:: Exercise input ::

//! What is left of a log once no seat is out.
ghost use Rattle.std.specs.Prelude.{◌≡◌, ◌≢◌, ◌⊎◌, ◌+◌, ◌-◌, ◌%◌, ◌<◌, ◌≤◌, ◌==◌, ℕ, [], length, max, slice_index, slice_index_or};
ghost use Rattle.std.specs.Mem.Slots.{IsFull, slots_items, slots_len};
ghost use Rattle.nvm_model.specs.Event.{phase_of};
ghost use Rattle.data_queue.specs.Change.{change_bytes};
ghost use Rattle.log_rule.specs.Places.{tag};
ghost use Rattle.log_ring.specs.Words.{change_in};
ghost use Rattle.log_ring.specs.Ends.{IsLast, WritesBack, ended_places};

use crate::words::{is_tagged, phase_at, to_change};
use atomic_table::Closed;
use data_queue::Places;
use std::alloc::Global;

/// The first position from the head on, below the tail, with no entry in its cell, or the tail.
pub(crate) fn last_of(closed: &Closed<u8, Global>, cells: u64, head: u64, tail: u64) -> u64
    requires full { IsFull closed.now.words }
    requires cells { (0 < cells) × (cells ≤ 65536) × (slots_len closed.now.words ≡ cells + 3) }
    requires order { (head ≤ tail) × (tail < 11529215046068469760) }
    ensures { IsLast (slots_items closed.now.words) cells head tail result }
{
    let end = tail.min(head + cells);
    for at in head..end {
        if is_tagged(closed.word((at % cells) as usize + 3)) != phase_at(cells, at) {
            return at;
        }
    }
    end
}

/// Writes the entries of so many positions into their cells, the last ones only where a cell would be written twice.
pub(crate) fn write_back(
    closed: &Closed<u8, Global>,
    cells: &mut Vec<[u8; 32]>,
    from: u64,
    last: u64,
)
    requires full { IsFull closed.now.words }
    requires cells { (0 < length cells.old.items) × (slots_len closed.now.words ≡ length cells.old.items + 3) }
    ensures size { length cells.new.items ≡ length cells.old.items }
    ensures cells { WritesBack (slots_items closed.now.words) from last cells.old.items cells.new.items }
{
    let size = cells.len() as u64;
    let first = from.max(last.saturating_sub(size));
    for at in first..last {
        let i = (at % size) as usize;
        cells[i] = to_change(closed.word(i + 3)).to_bytes(phase_at(size, at));
    }
}

/// The places of a queue of so many cells whose oldest entry has the position `head`, and whose next one would have `last`.
pub(crate) fn ended(cells: u64, head: u64, last: u64, mark: u64) -> Places
    requires cells { (0 < cells) × (cells ≤ 65536) }
    requires order { (head ≤ last) × (last ≤ head + cells) }
    ensures { result ≡ ended_places cells head last mark }
{
    Places {
        head: (head % cells) as u32,
        next: (last % cells) as u32,
        waiting: (last - head) as u32,
        phase: phase_at(cells, last),
        marked: mark == 1,
        live: true,
    }
}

:::

— Activity —
Every line that contains "Global" should be copied out of the data.

— Task answer —
use std::alloc::Global;
pub(crate) fn last_of(closed: &Closed<u8, Global>, cells: u64, head: u64, tail: u64) -> u64
    closed: &Closed<u8, Global>,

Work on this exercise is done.